#### THE PROBLEM:
Output the data below line for line, exactly, up to and including the line where "same profile as" appears.
[RECORDS SUPPLIED — start]
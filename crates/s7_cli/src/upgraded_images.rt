ghost use Rattle.s7_cli.specs.Upgrades.{UpgradesKeepSources, UpgradesLiveAlike, UpgradesLoadAlike, UpgradesRunAlike};

/// A law: an image as `upgrade` writes it is loaded as the same program with the same profile as
/// the image that it was made of. So every replay of the one is that of the other: `run` and `live`
/// answer the same with both; and it keeps each source that the other keeps.
pub fn law_of_upgrades()
    ensures loads { UpgradesLoadAlike }
    ensures runs { UpgradesRunAlike }
    ensures lives { UpgradesLiveAlike }
    ensures keeps { UpgradesKeepSources }
{
    image_file::laws::gives_exactly_images();
    image_file::laws::one_program();
}
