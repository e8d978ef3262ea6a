ghost use Rattle.std.specs.Prelude.{◌≡◌, ℕ, ◌≤◌, length, map, All, IfOk, IfErr, Ok};
ghost use Rattle.var_access.specs.Entry.{IsValid};
ghost use Rattle.flat_code.specs.Image.{image as image_of};
ghost use Rattle.flat_code.specs.Loading.{faults_of};
ghost use Rattle.flat_code.specs.declared.stamps.Stamp.TheVariants.{Two};
ghost use Rattle.image_file.specs.Refusing.{IsLoadError};
ghost use Rattle.plc_base.specs.declared.Profile.TheVariants.{Large};
ghost use Rattle.sem_kept.specs.Agreement.{names_read_in};
ghost use Rattle.event_text.specs.Texts.{history_of_text};
ghost use Rattle.s7_cli.specs.Inner.{SaysRefusal};
ghost use Rattle.s7_cli.specs.LiveSays.{scripts_from};
ghost use Rattle.s7_cli.specs.LiveTexts.{AreScriptsWithin, FindsProgramAndScripts, IsLiveText, IsScriptRefusal, LiveTextSays};
ghost use Rattle.s7_cli.specs.Living.{AreRegularBy, total_length};
ghost use Rattle.s7_cli.specs.Loads.{LoadsAs};
ghost use Rattle.s7_cli.specs.Says.{GoSays, IsUpgraded, RefusedProgram, RunSays, UpgradeSays};
ghost use Rattle.s7_cli.specs.Texts.{AreFilesWithinLimits, symbols_text_of};
ghost use Rattle.s7_cli.specs.Translating.{HasProgramOf, IsSourceImage, KeepsText, language_of};

use crate::compiling::{check_source, compiled, compiled_image};
use crate::failures::{Failure, File, failure_of_text};
use crate::files::{LiveText, ProgramText};
use crate::lists::add;
use crate::translating::{check_german_source, compiled_german, image_german};
use event_text::{read_history, read_script, read_stimuli};
use flat_code::Names;
use image_file::{LoadError, Loaded, load, write_image2};
use plc_base::NoMemory;
use std::alloc::Global;
use var_access::{Entries, Entry};

/// Checks a source with its symbols, which are German where `german` says so.
pub fn check_program(alloc: Global, text: &ProgramText, german: bool) -> Result<(), Failure>
    requires { AreFilesWithinLimits text.now }
    ensures accepted { IfOk result
        (λ done. HasProgramOf german text.now.source.items (symbols_text_of text.now)) }
    ensures refused { SaysRefusal
        (RefusedProgram german text.now.source.items (symbols_text_of text.now)) result }
{
    if german {
        return check_german_source(alloc, text);
    }
    Ok(check_source(alloc, &text.source, text.symbols())?)
}

/// Checks a source with its symbols, and makes the image of its program.
pub fn check_image(alloc: Global, text: &ProgramText, german: bool) -> Result<Vec<u8>, Failure>
    requires { AreFilesWithinLimits text.now }
    ensures keeps { IfOk result
        (λ v. IsSourceImage german v.items text.now.source.items (symbols_text_of text.now)) }
    ensures refused { SaysRefusal
        (RefusedProgram german text.now.source.items (symbols_text_of text.now)) result }
{
    if german {
        return image_german(alloc, text);
    }
    Ok(compiled_image(alloc, &text.source, text.symbols())?)
}

/// The loaded program of a source with its symbols.
fn check_loaded(alloc: Global, text: &ProgramText, german: bool) -> Result<Loaded, Failure>
    requires { AreFilesWithinLimits text.now }
    ensures keeps { IfOk result
        (λ l. KeepsText german text.now.source.items (symbols_text_of text.now) l.program) }
    ensures large { IfOk result (λ l. l.profile ≡ Large) }
    ensures refused { SaysRefusal
        (RefusedProgram german text.now.source.items (symbols_text_of text.now)) result }
{
    if german {
        return compiled_german(alloc, text);
    }
    Ok(compiled(alloc, &text.source, text.symbols())?)
}

/// Checks a source with its symbols, and then a history, which may name the symbols' variables.
pub fn check_with_history(
    alloc: Global,
    text: &ProgramText,
    german: bool,
    history: &[u8],
) -> Result<(Loaded, Entries), Failure>
    requires text { AreFilesWithinLimits text.now }
    requires history { length history.now ≤ 4194304 }
    ensures keeps { IfOk result
        (λ v. KeepsText german text.now.source.items (symbols_text_of text.now) v.0.program) }
    ensures large { IfOk result (λ v. v.0.profile ≡ Large) }
    ensures spells { IfOk result
        (λ v. history_of_text (names_read_in (language_of german) (symbols_text_of text.now))
        history.now ≡ Ok v.1.entries) }
    ensures valid { IfOk result (λ v. All IsValid v.1.entries) }
    ensures refused { SaysRefusal
        (GoSays german text.now.source.items (symbols_text_of text.now) history.now) result }
{
    let program = check_loaded(alloc, text, german)?;
    let entries = read_history(alloc, history, program.names())?;
    Ok((program, entries))
}

/// The program of an image, with its profile.
pub(crate) fn loaded_image(alloc: Global, image: &[u8]) -> Result<Loaded, LoadError>
    ensures loads { IfOk result (λ l. LoadsAs image.now (Ok l)) }
    ensures refused { IfErr result (λ e. IsLoadError e (faults_of image.now)) }
{
    image_file::laws::gives_exactly_images();
    load(alloc, image)
}

/// Checks an image, and then a history, which may name the variables whose names stand in it.
pub fn check_run(alloc: Global, image: &[u8], history: &[u8]) -> Result<(Loaded, Entries), Failure>
    requires { length history.now ≤ 4194304 }
    ensures loads { IfOk result (λ v. LoadsAs image.now (Ok v.0)) }
    ensures spells { IfOk result
        (λ v. history_of_text v.0.program.names history.now ≡ Ok v.1.entries) }
    ensures valid { IfOk result (λ v. All IsValid v.1.entries) }
    ensures refused { SaysRefusal (RunSays image.now history.now) result }
{
    let program = loaded_image(alloc, image)?;
    let entries = read_history(alloc, history, program.names())?;
    Ok((program, entries))
}

/// The image of version 2 of a loaded program and its profile.
fn image_again(alloc: Global, loaded: &Loaded) -> Result<Vec<u8>, NoMemory>
    ensures { IfOk result
        (λ v. v.items ≡ image_of (Two loaded.now.profile) loaded.now.program) }
{
    let program = loaded.program(alloc)?;
    write_image2(alloc, &program, loaded.profile())
}

/// Checks an image, and makes the image of version 2 of its program, names and profile.
pub fn check_upgrade(alloc: Global, image: &[u8]) -> Result<Vec<u8>, Failure>
    ensures upgrades { IfOk result (λ v. IsUpgraded v.items image.now) }
    ensures refused { SaysRefusal (UpgradeSays image.now) result }
{
    let loaded = loaded_image(alloc, image)?;
    Ok(image_again(alloc, &loaded)?)
}

/// A program, and the lists of the workers of a live run.
#[derive(Drop)]
pub struct LiveWork {
    pub program: Loaded,
    pub stimuli: Vec<Entry>,
    pub scripts: Vec<Vec<Entry>>,
}

/// Checks the scripts of operators, in their order.
pub(crate) fn check_scripts(
    alloc: Global,
    texts: &[Vec<u8>],
    names: &Names,
) -> Result<Vec<Vec<Entry>>, Failure>
    requires few { length texts.now ≤ 4 }
    requires within { AreScriptsWithin (map (λ t. t.items) texts.now) }
    ensures spells { IfOk result (λ v. scripts_from names.now 1 (map (λ t. t.items) texts.now)
        ≡ Ok (map (λ x. x.items) v.items)) }
    ensures regular { IfOk result (λ v. AreRegularBy 3 (map (λ x. x.items) v.items)) }
    ensures few { IfOk result (λ v. total_length (map (λ x. x.items) v.items) ≤ 1048576) }
    ensures many { IfOk result (λ v. length v.items ≡ length texts.now) }
    ensures refused { IfErr result
        (IsScriptRefusal (scripts_from names.now 1 (map (λ t. t.items) texts.now))) }
{
    let mut scripts = Vec::new(alloc);
    for (place, text) in texts.iter().enumerate() {
        let number = place as u8 + 1;
        match read_script(alloc, text, number + 2, names) {
            Ok(entries) => add(&mut scripts, entries)?,
            Err(fault) => return Err(failure_of_text(File::Script { number }, fault)),
        }
    }
    Ok(scripts)
}

/// Checks an image, then stimuli, and then the scripts in their order, which may name the variables
/// whose names stand in the image.
pub fn check_live(alloc: Global, text: &LiveText) -> Result<LiveWork, Failure>
    requires { IsLiveText text.now }
    ensures finds { IfOk result (λ w. FindsProgramAndScripts text.now w.program w.stimuli.items
        (map (λ x. x.items) w.scripts.items)) }
    ensures refused { (steps : ℕ) → SaysRefusal (LiveTextSays steps text.now) result }
{
    let program = loaded_image(alloc, &text.image)?;
    let stimuli = match read_stimuli(alloc, &text.stimuli) {
        Ok(entries) => entries,
        Err(fault) => return Err(failure_of_text(File::Stimuli, fault)),
    };
    let scripts = check_scripts(alloc, &text.scripts, program.names())?;
    Ok(LiveWork {
        program,
        stimuli,
        scripts,
    })
}
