ghost use Rattle.std.specs.Prelude.{
  ◌≡◌,
  IfOk,
  IfSome,
  ◌<◌,
  length,
  ◌++◌,
  [],
  ◌∷◌,
  nat_eq,
  if◌then◌else◌,
};
ghost use Rattle.std.specs.List.{slice_get};
ghost use Rattle.block_layout.specs.Sizes.{elements_of};
ghost use Rattle.block_layout.specs.Members.{component_of_name, members_of, name_here, component_names};

use crate::cells::Cell;
use crate::sizes::{alignment, array_bits, end_behind_cell, up};
use std::alloc::{AllocError, Global};
use stl_symbols::NameIndex;

/// A component of a structure: its place among the cells, and its offset in the structure in bits.
#[derive(Clone, Copy, Debug, PartialEq, Eq)]
pub struct Member {
    pub place: usize,
    pub offset: u64,
}

/// The components of a structure, and their names in the same order.
#[derive(Drop)]
pub struct NameList {
    pub names: NameIndex,
    pub members: Vec<Member>,
}

impl NameList {
    /// No components.
    pub(crate) fn new(alloc: Global) -> Self
        ensures names { result.names ≡ [] }
        ensures members { result.members.items ≡ [] }
    {
        NameList {
            names: NameIndex::new(alloc),
            members: Vec::new(alloc),
        }
    }

    /// Adds a cell, if it stands at this level.
    fn add(
        &mut self,
        alloc: Global,
        cell: &Cell,
        level: u64,
        member: Member,
    ) -> Result<(), AllocError>
        ensures names { IfOk result (λ _. self.new.names
            ≡ self.old.names ++ name_here level cell.now) }
        ensures members { IfOk result (λ _. self.new.members.items
            ≡ self.old.members.items
            ++ (if nat_eq cell.now.level level then member ∷ [] else [])) }
    {
        if cell.level as u64 == level {
            self.names.add(alloc, cell.name.as_bytes())?;
            self.members.push(member)?;
        }
        Ok(())
    }
}

/// The components at this level, of which the first is the first of the cells.
#[tactic(auto, using(crate::proofs::SizeLemmas::size_small, crate::proofs::SizeLemmas::size_within))]
pub(crate) fn members(
    alloc: Global,
    cells: &[Cell],
    elements: &[u64],
    level: u64,
) -> Result<NameList, AllocError>
    requires { elements.now ≡ elements_of cells.now }
    ensures names { IfOk result (λ s. s.names ≡ component_names level cells.now) }
    ensures members { IfOk result (λ s. s.members.items ≡ members_of level 0 0 cells.now) }
{
    let mut name_list = NameList::new(alloc);
    let mut at = 0;
    for i in 0..cells.len() {
        let cell = &cells[i];
        if (cell.level as u64) < level {
            return Ok(name_list);
        }
        name_list.add(
            alloc,
            cell,
            level,
            Member {
                place: i,
                offset: up(at, alignment(cell)),
            },
        )?;
        let bits = array_bits(cell.bounds.as_slice(), elements[i]);
        at = end_behind_cell(at, cell, bits, level);
    }
    Ok(name_list)
}

fn member_at(members: &[Member], place: usize) -> Option<Member>
    ensures { result ≡ slice_get members.now place }
{
    if place < members.len() {
        Some(members[place])
    } else {
        None
    }
}

/// The component of this name.
pub(crate) fn find(name_list: &NameList, name: &[u8], cells: &[Cell], level: u64) -> Option<Member>
    requires names { name_list.now.names ≡ component_names level cells.now }
    requires members { name_list.now.members.items ≡ members_of level 0 0 cells.now }
    ensures value { result ≡ component_of_name level 0 0 name.now cells.now }
    ensures within { IfSome result (λ m. m.place < length cells.now) }
{
    let place = name_list.names.place(name)?;
    member_at(name_list.members.as_slice(), place)
}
[RECORDS SUPPLIED — finish]
#### ANSWER BOX:
filename crates/s7_cli/src/upgraded_images.rt
ghost use Rattle.s7_cli.specs.Upgrades.{UpgradesKeepSources, UpgradesLiveAlike, UpgradesLoadAlike, UpgradesRunAlike};

/// A law: an image as `upgrade` writes it is loaded as the same program with the same profile as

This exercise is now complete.